------ Source information

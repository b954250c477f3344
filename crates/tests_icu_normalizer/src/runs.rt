//! Decomposed characters on their way out, marks that are sorted, and what one read tells of characters.

use icu_normalizer_core::canonical::{CanonicalBorrowed, CanonicalData, Reading};
use icu_normalizer_core::decomposition::{FormData, Run, sort_marks};
use samples_icu_normalizer::tables::{PAIRS, STEPS, tables};
use smallvec::SmallVec;
use std::alloc::{AllocError, Global};

/// Canonical data of the worked rows.
fn canonical(alloc: Global) -> Option<CanonicalData<'static>> {
    let tables = tables(alloc, &[], &STEPS, &PAIRS)?;
    CanonicalData::try_new(alloc, tables).ok()
}

/// A run that took these characters.
fn run_of<'d>(
    alloc: Global,
    canonical: CanonicalBorrowed<'d>,
    chars: &[char],
) -> Result<Run<'d>, AllocError> {
    let basis = FormData::Canonical(canonical);
    basis.keep_promise();
    let mut run = Run::new(alloc, basis);
    for c in chars {
        run.push_decomposed(*c)?;
    }
    Ok(run)
}

/// Whether a run gives these characters, and then none.
fn gives(run: &mut Run<'_>, expected: &[char]) -> bool {
    for wanted in expected {
        if run.pop() != Some(*wanted) {
            return false;
        }
    }
    run.pop().is_none()
}

/// Whether a run gives the full lists before the last starter, and keeps the marks after it.
fn keeps_marks(alloc: Global, canonical: CanonicalBorrowed<'_>) -> bool {
    match run_of(alloc, canonical, &['\u{e1}', '\u{323}', 'b', '\u{301}']) {
        Ok(mut run) => { gives(&mut run, &['a', '\u{323}', '\u{301}', 'b']) && !run.is_empty() }
        Err(_) => false,
    }
}

/// Whether one gives them once it is finished.
fn gives_marks(alloc: Global, canonical: CanonicalBorrowed<'_>) -> bool {
    match run_of(alloc, canonical, &['b', '\u{301}', '\u{302}', '\u{323}']) {
        Ok(mut run) => {
            run.finish().is_ok()
                && gives(&mut run, &['b', '\u{323}', '\u{301}', '\u{302}'])
                && run.is_empty()
        }
        Err(_) => false,
    }
}

/// Two marks, sorted; `None` where one is a starter.
fn two_sorted(
    alloc: Global,
    canonical: CanonicalBorrowed<'_>,
    first: char,
    second: char,
) -> Result<Option<(char, char)>, AllocError> {
    let basis = FormData::Canonical(canonical);
    if basis.class(first) == 0 || basis.class(second) == 0 {
        return Ok(None);
    }
    let mut marks: SmallVec<char, 16> = SmallVec::new(alloc);
    marks.push(first)?;
    marks.push(second)?;
    sort_marks(basis, &mut marks, 0)?;
    Ok(match marks.as_slice() {
        [first, second] => Some((*first, *second)),
        _ => None,
    })
}

/// Whether marks are sorted by class, and those of one class stay.
fn sorts(alloc: Global, canonical: CanonicalBorrowed<'_>) -> bool {
    let changed = two_sorted(alloc, canonical, '\u{301}', '\u{323}');
    let kept = two_sorted(alloc, canonical, '\u{302}', '\u{301}');
    matches!(changed, Ok(Some(('\u{323}', '\u{301}'))))
        && matches!(kept, Ok(Some(('\u{302}', '\u{301}'))))
}

/// Whether one read tells of characters that stand for themselves, and of one that stands for two.
fn tells(canonical: CanonicalBorrowed<'_>) -> bool {
    matches!(canonical.reading('a'), Reading::Itself(0))
        && matches!(canonical.reading('\u{323}'), Reading::Itself(220))
        && matches!(canonical.reading('\u{e1}'), Reading::Two('a', '\u{301}'))
}

/// What is asked of canonical data.
#[derive(Clone, Copy)]
enum Ask {
    PushDecomposed,
    Finish,
    SortMarks,
    Reading,
}

/// Whether canonical data answer it right.
fn answers(alloc: Global, canonical: CanonicalBorrowed<'_>, ask: Ask) -> bool {
    match ask {
        Ask::PushDecomposed => keeps_marks(alloc, canonical),
        Ask::Finish => gives_marks(alloc, canonical),
        Ask::SortMarks => sorts(alloc, canonical),
        Ask::Reading => tells(canonical),
    }
}

/// Whether those of the worked rows do.
fn rows_answer(alloc: Global, ask: Ask) -> bool {
    match canonical(alloc) {
        Some(data) => answers(alloc, data.as_borrowed(), ask),
        None => false,
    }
}

#[test]
fn ok_push_decomposed(rt: HostRuntime) {
    assert!(rt; rows_answer(rt.alloc(), Ask::PushDecomposed));
}

#[test]
fn ok_finish(rt: HostRuntime) {
    assert!(rt; rows_answer(rt.alloc(), Ask::Finish));
}

#[test]
fn ok_sort_marks(rt: HostRuntime) {
    assert!(rt; rows_answer(rt.alloc(), Ask::SortMarks));
}

// `reading` may always answer `Other`, by its contract.
#[test]
fn readings_tell(rt: HostRuntime) {
    assert!(rt; rows_answer(rt.alloc(), Ask::Reading));
}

------------

- Exercise: In the data above, tally the lines holding "bool" and answer with the figure only.

- Solution to this problem: 7